Cross-Architecture Generalization (PGD-100 Attack)¶
| Architecture | Clean ASR | Robust Acc↑ |
|---|---|---|
| ResNet-50 | 100% | 73.89% |
| WRN-50-2 | 100% | 75.2% |
| ViT-b-16 | 100% | 71.6% |
| Swin-b | 100% | 77.8% |
Adaptive Attack Defense (Diff-PGD-10)¶
| Method | ResNet-50 | ViT-b-16 | Swin-b |
|---|---|---|---|
| DiffPure | 53.8% | 16.6% | 45.1% |
| OSCP | 59.0% | 34.1% | 53.9% |
Key Findings¶
- Single-step inference without sacrificing defense performance: OSCP achieves better robust accuracy on AutoAttack (74.19%) than DiffPure (73.02%), while being 100x faster.

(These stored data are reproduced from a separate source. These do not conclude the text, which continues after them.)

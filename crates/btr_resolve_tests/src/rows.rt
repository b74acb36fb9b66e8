// Owners of addresses in the small volumes.
use btr_make::{RowVolume, row};
use btr_rack::{MemOut, MemRack, Rack};
use btr_resolve::resolve;
use btr_volume::{Stop, Volume};
use btr_walk::TreeFault;
use std::alloc::Global;
use std::process::Abort;
use std::test::Fail;

const SHARED: &[u8] =
    b"tree 5 inode 260 position 0 path /a\ntree 5 inode 261 position 0 path /b\nowners 2\n";

// What is answered over a volume with one image; `None` where the volume doesn't open.
fn answer(
    rt: &impl Abort,
    alloc: Global,
    rack: &mut MemRack,
    addr: u64,
    out: &mut MemOut,
) -> Option<Result<u64, Stop>> {
    if rack.count() == 0 {
        return None;
    }
    let Ok(mut volume) = Volume::open(alloc, rack) else {
        return None;
    };
    let answer = resolve(alloc, addr, rack, &mut volume, out);
    assert_eq!(rt; volume.store.free(), 24);
    Some(answer)
}

fn opened(alloc: Global, which: RowVolume) -> Result<MemRack, Fail> {
    let mut rack = row(alloc, which)?;
    rack.open("a", false)?;
    Ok(rack)
}

fn shows(
    rt: &impl Abort,
    alloc: Global,
    which: RowVolume,
    addr: u64,
    expected: Result<u64, Stop>,
    text: &[u8],
) -> Result<(), Fail> {
    let mut rack = opened(alloc, which)?;
    let mut out = MemOut::new(alloc);
    let found = answer(rt, alloc, &mut rack, addr, &mut out);
    assert_eq!(rt; found, Some(expected));
    assert_eq!(rt; out.text(), text);
    Ok(())
}

#[test]
fn two_files_share_an_extent(rt: HostRuntime) -> Result<(), Fail> {
    shows(&rt, rt.alloc(), RowVolume::X2, 16777216, Ok(2), SHARED)
}

#[test]
fn a_byte_within_a_second_extent(rt: HostRuntime) -> Result<(), Fail> {
    let text = b"tree 5 inode 260 position 8193 path /a\nowners 1\n";
    shows(&rt, rt.alloc(), RowVolume::V1, 16781313, Ok(1), text)
}

#[test]
fn a_byte_of_a_compressed_extent(rt: HostRuntime) -> Result<(), Fail> {
    let text = b"tree 5 inode 261 position 0 path /z\nowners 1\n";
    shows(&rt, rt.alloc(), RowVolume::V2, 16787000, Ok(1), text)
}

#[test]
fn a_byte_of_no_file(rt: HostRuntime) -> Result<(), Fail> {
    shows(
        &rt,
        rt.alloc(),
        RowVolume::V1,
        16785408,
        Ok(0),
        b"owners 0\n",
    )
}

#[test]
fn an_address_that_no_chunk_holds(rt: HostRuntime) -> Result<(), Fail> {
    let unmapped = Err(Stop::Tree(TreeFault::Unmapped(0)));
    shows(&rt, rt.alloc(), RowVolume::V1, 0, unmapped, b"")
}

// Call n on the rack fails: the other copy makes it good, or it is told behind a first part of the text.
fn failing_call(rt: &impl Abort, alloc: Global, n: u64) -> Result<(), Fail> {
    let mut rack = opened(alloc, RowVolume::X2)?;
    rack.fail_call(n)?;
    let mut out = MemOut::new(alloc);
    match answer(rt, alloc, &mut rack, 16777216, &mut out) {
        None => {}
        Some(Ok(count)) => {
            assert_eq!(rt; count, 2);
            assert_eq!(rt; out.text(), SHARED);
        }
        Some(Err(stop)) => {
            assert!(rt; matches!(stop, Stop::Tree(TreeFault::Unread(_, 0))));
            assert!(rt; SHARED.starts_with(out.text()));
        }
    }
    Ok(())
}

#[test]
fn reads_that_fail(rt: HostRuntime) -> Result<(), Fail> {
    for n in 1..16 {
        failing_call(&rt, rt.alloc(), n)?;
    }
    Ok(())
}

// Each line is put by a call of its own, and what was put before stands.
#[test]
fn lines_that_cannot_be_put(rt: HostRuntime) -> Result<(), Fail> {
    let alloc = rt.alloc();
    for (n, before) in [(1, 0), (2, 36), (3, 72)] {
        let mut rack = opened(alloc, RowVolume::X2)?;
        let mut out = MemOut::new(alloc);
        out.fail_call(n)?;
        let found = answer(&rt, alloc, &mut rack, 16777216, &mut out);
        assert_eq!(rt; found, Some(Err(Stop::Out)));
        assert_eq!(rt; out.text().len(), before);
        assert!(rt; SHARED.starts_with(out.text()));
    }
    Ok(())
}
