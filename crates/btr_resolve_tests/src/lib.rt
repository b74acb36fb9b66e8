//! What no clause of `btr_resolve` says, tested: the owners of addresses in volumes in memory.
#![tactic(auto)]

#[cfg(test)]
mod names;
#[cfg(test)]
mod owners;
#[cfg(test)]
mod rows;
#[cfg(test)]
mod scene;
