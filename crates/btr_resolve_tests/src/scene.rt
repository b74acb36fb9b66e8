// Subvolumes in one image in memory, and the volume that reads them.
ghost use Rattle.std.specs.Prelude.{◌≡◌, ◌<◌, IfOk, length};
ghost use Rattle.btr_rack.specs.Memory.{seen_of, slots_of};
ghost use Rattle.btr_read.specs.Serves.{Serves};
ghost use Rattle.btr_read.specs.Store.{free_count};

use btr_base::SumKind;
use btr_chunk::{Chunk, ChunkTable, Stripe};
use btr_items::{FileExtent, RootItem, Shape, item};
use btr_make_blocks::{Body, Form, Items, Tree, bodies};
use btr_rack::{MemOut, MemRack, Rack};
use btr_read::Store;
use btr_resolve::resolve;
use btr_super::Super;
use btr_volume::{Stop, Volume};
use std::alloc::{AllocError, Global};
use std::test::Fail;

/// Where the chunk begins, on the device too, and with it the root tree.
pub(super) const START: u64 = 1048576;

const CHUNK: u64 = 8388608;

/// Where the first subvolume stands; each other one stands this far behind the one before.
pub(super) const TREES: u64 = 2097152;

const APART: u64 = 1048576;

/// An address in the chunk at which data may stand.
pub(super) const DATA: u64 = 8388608;

const BLOCK: u32 = 8192;

/// What stands in an item.
#[derive(Clone, Copy)]
pub(super) enum Content {
    /// A name by its index in the directory that the key has.
    Name(u64, &'static [u8]),
    /// A name by its directory and its index there.
    FarName(u64, u64, &'static [u8]),
    /// An extent by its compression, and what its shape says.
    Extent(u64, Shape),
    /// So many zeros.
    Zeros(usize),
}

/// The parts of an item's key, and a part of its body.
pub(super) type Row = (u64, u8, u64, Content);

/// Two sectors of an extent of four, which begins where data does: the first two, and the two behind the first.
pub(super) const FRONT: Content = Content::Extent(
    0,
    Shape::Regular {
        addr: DATA,
        disk_len: 16384,
        skip: 0,
        len: 8192,
    },
);

pub(super) const MIDDLE: Content = Content::Extent(
    0,
    Shape::Regular {
        addr: DATA,
        disk_len: 16384,
        skip: 4096,
        len: 8192,
    },
);

/// The same of an extent at any address, from any sector on.
pub(super) fn part(addr: u64, skip: u64) -> Content {
    Content::Extent(
        0,
        Shape::Regular {
            addr,
            disk_len: 16384,
            skip,
            len: 8192,
        },
    )
}

fn body_of(alloc: Global, content: Content) -> Result<Body, AllocError> {
    match content {
        Content::Name(index, name) => bodies::inode_ref(alloc, index, name),
        Content::FarName(parent, index, name) => bodies::ext_ref(alloc, parent, index, name),
        Content::Extent(compression, shape) => bodies::file_extent(
            alloc,
            &FileExtent {
                generation: 7,
                ram: 8192,
                compression,
                encoded: false,
                shape,
            },
        ),
        Content::Zeros(len) => Body::new(alloc).zeros(len),
    }
}

// The form of the blocks of a tree: a leaf has five items and a node five pointers at most.
fn form_of(id: u64) -> Form {
    Form {
        nodesize: BLOCK as usize,
        items: 5,
        pointers: 5,
        ..Form::DEFAULT.of(id)
    }
}

/// Adds items.
pub(super) fn add(alloc: Global, items: &mut Items, rows: &[Row]) -> Result<(), Fail> {
    for (objectid, kind, offset, content) in rows {
        let part = body_of(alloc, *content)?;
        items.append(*objectid, *kind, *offset, &part)?;
    }
    Ok(())
}

/// Trees that are put into an image one after another, and the items of the root tree that lead to them.
#[derive(Drop)]
pub(super) struct Scene {
    alloc: Global,
    rack: MemRack,
    roots: Items,
    next: u64,
}

impl Scene {
    /// An image without a tree.
    pub(super) fn new(alloc: Global) -> Result<Scene, Fail> {
        let mut rack = MemRack::new(alloc);
        rack.add("a", 16777216)?;
        Ok(Scene {
            alloc,
            rack,
            roots: Items::new(alloc),
            next: TREES,
        })
    }

    /// Adds the tree of an id, which has these items and the top directory 256.
    pub(super) fn with(mut self, id: u64, items: Items) -> Result<Scene, Fail> {
        let tree = Tree::grow(self.alloc, &form_of(id), self.next, items)?;
        tree.put(&mut self.rack, "a")?;
        self.next = self.next.saturating_add(APART);
        self.with_place(id, 0, tree.root(), tree.level())
    }

    /// Adds a ROOT_ITEM of an id and offset that leads to a leaf at an address, which may stand nowhere.
    pub(super) fn with_root(self, id: u64, offset: u64, addr: u64) -> Result<Scene, Fail> {
        self.with_place(id, offset, addr, 0)
    }

    fn with_place(mut self, id: u64, offset: u64, addr: u64, level: u8) -> Result<Scene, Fail> {
        let root = RootItem {
            generation: 7,
            dirid: 256,
            bytenr: addr,
            flags: 0,
            refs: 1,
            level: u64::from(level),
        };
        let body = bodies::root_item(self.alloc, &root, 0)?;
        self.roots.append(id, item::ROOT_ITEM, offset, &body)?;
        Ok(self)
    }

    /// Adds the tree of an id by its rows.
    pub(super) fn with_rows(self, id: u64, rows: &[Row]) -> Result<Scene, Fail> {
        let mut items = Items::new(self.alloc);
        add(self.alloc, &mut items, rows)?;
        self.with(id, items)
    }

    /// Adds another item of the root tree, of which nothing but its key may be read: its body has so many zeros.
    pub(super) fn beside(
        mut self,
        objectid: u64,
        kind: u8,
        offset: u64,
        len: usize,
    ) -> Result<Scene, Fail> {
        let body = Body::new(self.alloc).zeros(len)?;
        self.roots.append(objectid, kind, offset, &body)?;
        Ok(self)
    }

    /// What is answered of an address, and the text, where the call of a number fails on the image; 0 is none.
    pub(super) fn owners(self, addr: u64, failing: u64) -> Result<Answer, Fail> {
        let Scene {
            alloc,
            mut rack,
            roots,
            next: _,
        } = self;
        let tree = Tree::grow(alloc, &form_of(1), START, roots)?;
        tree.put(&mut rack, "a")?;
        rack.open("a", false)?;
        answer_of(alloc, rack, &tree, addr, failing)
    }
}

/// What was answered, and the text.
#[derive(Drop)]
pub(super) struct Answer {
    pub(super) result: Result<u64, Stop>,
    pub(super) out: MemOut,
}

// What is answered over an image that is open.
fn answer_of(
    alloc: Global,
    mut rack: MemRack,
    tree: &Tree,
    addr: u64,
    failing: u64,
) -> Result<Answer, Fail> {
    if rack.count() == 0 {
        return Err(Fail::from(AllocError));
    }
    rack.fail_call(failing)?;
    let mut vol = volume_over(alloc, &rack, tree)?;
    let mut out = MemOut::new(alloc);
    let result = resolve(alloc, addr, &mut rack, &mut vol, &mut out);
    Ok(Answer { result, out })
}

// The superblock of a filesystem with this root tree.
fn sup_of(tree: &Tree) -> Super {
    let fsid = Form::DEFAULT.fsid;
    Super {
        fsid,
        place: 65536,
        flags: 1,
        generation: Form::DEFAULT.generation,
        root: tree.root(),
        chunk_root: 0,
        log_root: 0,
        total_bytes: 16777216,
        bytes_used: 0,
        root_dir: 6,
        num_devices: 1,
        sectorsize: 4096,
        nodesize: BLOCK,
        leafsize: BLOCK,
        stripesize: 4096,
        sys_chunk_array_size: 0,
        chunk_root_generation: 0,
        compat: 0,
        compat_ro: 0,
        incompat: 0,
        csum_type: 0,
        root_level: tree.level(),
        chunk_root_level: 0,
        log_root_level: 0,
        devid: 1,
        dev_uuid: [0; 16],
        label: [0; 256],
        cache_generation: 0,
        uuid_tree_generation: 0,
        metadata_uuid: [0; 16],
        reserved: [0; 224],
        array: [0; 2048],
        backups: [0; 1237],
    }
}

// The volume that reads the chunk from the first image.
fn volume_over(alloc: Global, rack: &MemRack, tree: &Tree) -> Result<Volume, Fail>
    requires { 0 < length (slots_of rack.now) }
    ensures serves { IfOk result (λ vol. Serves (seen_of rack.now) vol.store) }
    ensures free { IfOk result (λ vol. free_count vol.store ≡ 24) }
{
    let stripe = Stripe {
        devid: 1,
        offset: START,
        uuid: [0; 16],
    };
    let item = bodies::chunk_item(alloc, CHUNK, 2, &[stripe])?;
    let mut chunks = ChunkTable::new(alloc);
    chunks.add(Chunk::read(alloc, START, item.as_slice())?)?;
    let mut store = Store::new(alloc, SumKind::Crc32c, Form::DEFAULT.fsid, BLOCK, chunks)?;
    store.add_device(1, 0, rack.len(0), false)?;
    Ok(Volume {
        store,
        sup: sup_of(tree),
    })
}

- Excellent cross-architecture transferability: GAND trained only using ResNet50 adversarial examples generalizes well to other architectures like ViT and Swin (achieving at least 71.6%).
- Robust against adaptive attacks: When facing Diff-PGD attacks specifically targeting diffusion purification, OSCP still outperforms DiffPure by 5% to 17%.
- LoRA fine-tuning is sufficient: Eliminating the need for full-parameter training, parameter-efficient fine-tuning achieves optimal performance.
Highlights & Insights¶
- Deep core insight: Correctly identifies the root cause of consistency constraint violation in LCM under adversarial scenarios (the distribution shift of \(z_{adv}\)), resolving it elegantly by modifying the forward process.
- Exquisite design of GAND: \(z_t^* = \sqrt{\bar{\alpha}_t}z + \sqrt{1-\bar{\alpha}_t}(\epsilon + \delta_{adv})\) gracefully forces the two boundaries of the distillation trajectory to converge to the clean image and the mixed noise, respectively, successfully restoring consistency.
- Robust conditional guidance: CAP uses non-learnable edge detection instead of neural network conditioning, effectively preventing the adversarial examples from "poisoning" the guidance signal.
- Hybrid defense paradigm: Addresses the task from a hybrid perspective of "adversarial training + purification", merging the advantages of both defense paradigms.
Limitations & Future Work¶
- The adversarial perturbation during training is only generated with PGD-10; it may need extension when confronting stronger or more diverse attack strategies.
- ControlNet edge guidance might be less effective against texture-based attacks (where the edge detector is unaffected but texture information is lost).
- Grounded on SD 1.5, newer diffusion backbones (e.g., SDXL) have not yet been evaluated.
- Standard accuracy drops from 80.55% to 77.63%, representing a clean accuracy loss of around 3%.
- Defense efficacy against \(L_2\) norm attacks remains uninvestigated, as the evaluation focuses primarily on \(L_\infty\).
Related Work & Insights¶
- DiffPure establishes the theoretical foundation of diffusion purification (reducing KL divergence), while OSCP compresses it from multi-step inference to a single step.
- LCM/LCM-LoRA realizes rapid inference for diffusion models, which OSCP integrates for the first time into adversarial defense.
- The conditional control capability of ControlNet is creatively applied to maintain semantic consistency post-purification.
- Inspiration: The paradigm of "adversarial-aware calibration" of distillation targets could be generalized to other novel scenarios, such as video adversarial purification and 3D adversarial defense.
Rating¶
⭐⭐⭐⭐ — Outstanding theoretical analysis on why LCM consistency fails under adversarial settings. The design of GAND+CAP is theoretically sound with excellent experimental results, and the 100x speedup holds significant practical value. The main limitations lie in attack coverage and clean accuracy loss.